THE HANDSTAND

JUNE2009



LETTERS TO THE EDITOR

comparing the dot.com bubbles

Jos,

 

I was looking at a documentary film about the internet and the journalist was talking about the dotcom bubble of the late nineties (1995 – 2001). What he had to say was quite interesting because he spoke about the subsequent advantages of this crash in the expansion of the internet highway. In reality what happened was a massive growth in startups, which was followed by stock speculation by Wall Street in the process of making these companies public, which resulted in massive speculation in their net worth. This was followed by black Friday that wiped two thirds of the value of the NASDAQ and a lot of insolvencies followed.
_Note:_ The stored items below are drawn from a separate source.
ghost use Rattle.std.specs.Prelude.{◌≡◌, ◌<◌, ◌++◌, ◌+◌, ◌^◌, IfOk, OnOk};
ghost use Rattle.osview_graph.specs.Drawing.{IsDrawn, run_of};
ghost use Rattle.osview_graph.specs.Streams.{elements_text, ellipse, ellipse_if_used, ellipses, has_read, read, window_count, element_count, written_by};
ghost use Rattle.osview_graph.specs.Tables.{AreStreamCounts, newly_behind, read_to, table};
ghost use Rattle.flow_core_laws.specs.Window.{Window};
ghost use Rattle.stream_match_layouts.specs.Layout.{span_of};

use crate::drawn::Drawn;
use crate::ending::has_run;
use crate::labels::add_name;
use crate::tables::{raise, row, set_row, zeros};
use collector::has_done;
use os_io::Memory;
use osview_text::Text;
use std::alloc::Global;
use stream_match_layouts::Span;

/// What is counted of streams.
#[derive(Drop)]
pub(crate) struct StreamCounts {
    /// How many windows there are on each stream.
    pub(crate) windows: Vec<u64>,
    /// How many elements of each stream are there.
    pub(crate) written: Vec<u64>,
    /// How many of those elements were read.
    pub(crate) read: Vec<u64>,
}

/// How many windows are on each stream.
fn count_windows(alloc: Global, drawn: &Drawn<'_>) -> Result<Vec<u64>, Memory>
    requires { IsDrawn drawn.now }
    ensures { IfOk result (λ counts. counts.items
        ≡ table (window_count (run_of drawn.now)) (drawn.now.streams)) }
{
    let mut counts = zeros(alloc, drawn.streams as usize)?;
    for span in drawn.layout.spans.as_slice() {
        raise(&mut counts, u64::from(span.stream), 1);
    }
    Ok(counts)
}

/// How many elements a window wrote.
fn written_by(drawn: &Drawn<'_>, span: Span) -> u64
    ensures { (w : Window) → span ≡ span_of w → result ≡ written_by (run_of drawn.now) w }
{
    if span.write && has_done(&drawn.end_at(u64::from(span.frame))) {
        u64::from(span.count)
    } else {
        0
    }
}

/// How many elements of each stream are there.
fn count_written(alloc: Global, drawn: &Drawn<'_>) -> Result<Vec<u64>, Memory>
    requires { IsDrawn drawn.now }
    ensures { IfOk result (λ counts. counts.items ≡ table (element_count (run_of drawn.now)) (drawn.now.streams)) }
{
    let mut counts = zeros(alloc, drawn.streams as usize)?;
    for span in drawn.layout.spans.as_slice() {
        raise(
            &mut counts,
            u64::from(span.stream),
            written_by(drawn, *span),
        );
    }
    set_row(&mut counts, 0, u64::from(drawn.layout.input_len));
    Ok(counts)
}

/// Whether a window reads for an activation that ran.
fn has_read(drawn: &Drawn<'_>, span: Span) -> bool
    ensures { (w : Window) → span ≡ span_of w → result ≡ has_read (run_of drawn.now) w }
{
    !span.write && has_run(drawn.end_at(u64::from(span.frame)))
}

/// How many elements a window reads for the first time, where those before a position were read before.
fn newly_read(drawn: &Drawn<'_>, span: Span, before: u64) -> u64
    requires { span.first + span.count < 2 ^ 64 }
    ensures { (w : Window) → span ≡ span_of w → result ≡ newly_behind (run_of drawn.now) w before }
{
    if has_read(drawn, span) {
        let end = span.first + u64::from(span.count);
        end.saturating_sub(span.first.max(before))
    } else {
        0
    }
}

/// Before which position elements were read with a window, where before it those before another one were.
fn read_to(drawn: &Drawn<'_>, span: Span, before: u64) -> u64
    requires { span.first + span.count < 2 ^ 64 }
    ensures { (w : Window) → span ≡ span_of w → result ≡ read_to (run_of drawn.now) w before }
{
    if has_read(drawn, span) {
        let end = span.first + u64::from(span.count);
        end.max(before)
    } else {
        before
    }
}

/// How many elements of each stream were read. The windows of a stream begin in order, so that of those behind the next one's first
/// position just those are read that stand before the greatest end so far.
fn count_read(alloc: Global, drawn: &Drawn<'_>) -> Result<Vec<u64>, Memory>
    requires { IsDrawn drawn.now }
    ensures { IfOk result (λ counts. counts.items ≡ table (read (run_of drawn.now)) (drawn.now.streams)) }
{
    let mut counts = zeros(alloc, drawn.streams as usize)?;
    let mut reached = zeros(alloc, drawn.streams as usize)?;
    for span in drawn.layout.spans.as_slice() {
        let stream = u64::from(span.stream);
        let before = row(&reached, stream);
        let newly = newly_read(drawn, *span, before);
        let to = read_to(drawn, *span, before);
        raise(&mut counts, stream, newly);
        set_row(&mut reached, stream, to);
    }
    Ok(counts)
}

/// Counts what became of the elements of streams.
fn count_streams(alloc: Global, drawn: &Drawn<'_>) -> Result<StreamCounts, Memory>
    requires { IsDrawn drawn.now }
    ensures { IfOk result (AreStreamCounts (run_of drawn.now)) }
{
    let windows = count_windows(alloc, drawn)?;
    let written = count_written(alloc, drawn)?;
    let read = count_read(alloc, drawn)?;
    Ok(StreamCounts {
        windows,
        written,
        read,
    })
}

/// Adds how many elements of a stream were written and read.
fn add_elements(told: &mut Text, stream: u32, written: u64, read: u64) -> Result<(), Memory>
    ensures { OnOk result (told.new ≡ told.old ++ elements_text stream written read) }
{
    told.number(written)?;
    told.add(b" written")?;
    if stream == 1 {
        return Ok(());
    }
    told.field(b", ", read)?;
    told.field(b" read, ", written.saturating_sub(read))?;
    told.add(b" left")
}

/// Adds the ellipse of a stream.
fn add_ellipse(
    told: &mut Text,
    drawn: &Drawn<'_>,
    counts: &StreamCounts,
    stream: u32,
) -> Result<(), Memory>
    requires counted { AreStreamCounts (run_of drawn.now) counts.now }
    requires exists { stream < drawn.now.streams }
    ensures { OnOk result (told.new ≡ told.old ++ ellipse (run_of drawn.now) stream) }
{
    told.field(b"  stream", u64::from(stream))?;
    told.add(b" [shape=ellipse, label=\"")?;
    add_name(told, drawn.text, drawn.names, stream)?;
    told.add(b"\\n")?;
    let at = u64::from(stream);
    add_elements(
        told,
        stream,
        row(&counts.written, at),
        row(&counts.read, at),
    )?;
    told.add(b"\"];\n")
}

/// Adds the ellipse of a stream on which there are windows.
fn add_used(
    told: &mut Text,
    drawn: &Drawn<'_>,
    counts: &StreamCounts,
    stream: u32,
) -> Result<(), Memory>
    requires counted { AreStreamCounts (run_of drawn.now) counts.now }
    requires exists { stream < drawn.now.streams }
    ensures { OnOk result (told.new ≡ told.old ++ ellipse_if_used (run_of drawn.now) stream) }
{
    if row(&counts.windows, u64::from(stream)) == 0 {
        Ok(())
    } else {
        add_ellipse(told, drawn, counts, stream)
    }
}

/// Adds the ellipses of the streams on which there are windows.
pub(crate) fn add_ellipses(alloc: Global, told: &mut Text, drawn: &Drawn<'_>) -> Result<(), Memory>
    requires { IsDrawn drawn.now }
    ensures { OnOk result (told.new ≡ told.old ++ ellipses (run_of drawn.now)) }
{
    let counts = count_streams(alloc, drawn)?;
    for stream in 0..drawn.streams {
        add_used(told, drawn, &counts, stream)?;
    }
    Ok(())
}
The author of the documentary points out that the crash was a dawn of a new age in internet use because vast amounts of venture capital which were used to lay things like fibre optics networks etc. This meant that in six years the internet was developed to the advanced state that it is in now and people were able to benefit from that. The same is true in the history of the railroad. There was a speculative frenzy in England in the 1840 that lead to massive development in railways followed by a crash, but the infrastructure benefited. The same happened the history of American railroad. The idea is that you have speculation, crash, and then long term structural benefits. The question I was thinking is what the consequence of the more recent property boom is going to be. I was thinking that one major feature of the bubble in Ireland is that there are no benefits from the property boom in terms of infrastructure. In the classical model of boom and bust, the government should have taken the blank cheque and used it as a golden opportunity to deal with the infrastructural problems of the country and laid the ground for the new golden age to follow afterwards. What the government did was to authorise developments without any infrastructural benefits as they were blinded by greed (the massive increases in tax revenue that lead to the expansion in public service).

Aren’t the election results great! It is like the people have spoken in what is really a referendum on the government. I think that it is interesting that so many independents and left wing parties got into the councils. Well, I managed to meet two successful candidates when we were over that time: Mannix Flynn and Richard Boyd Barrett.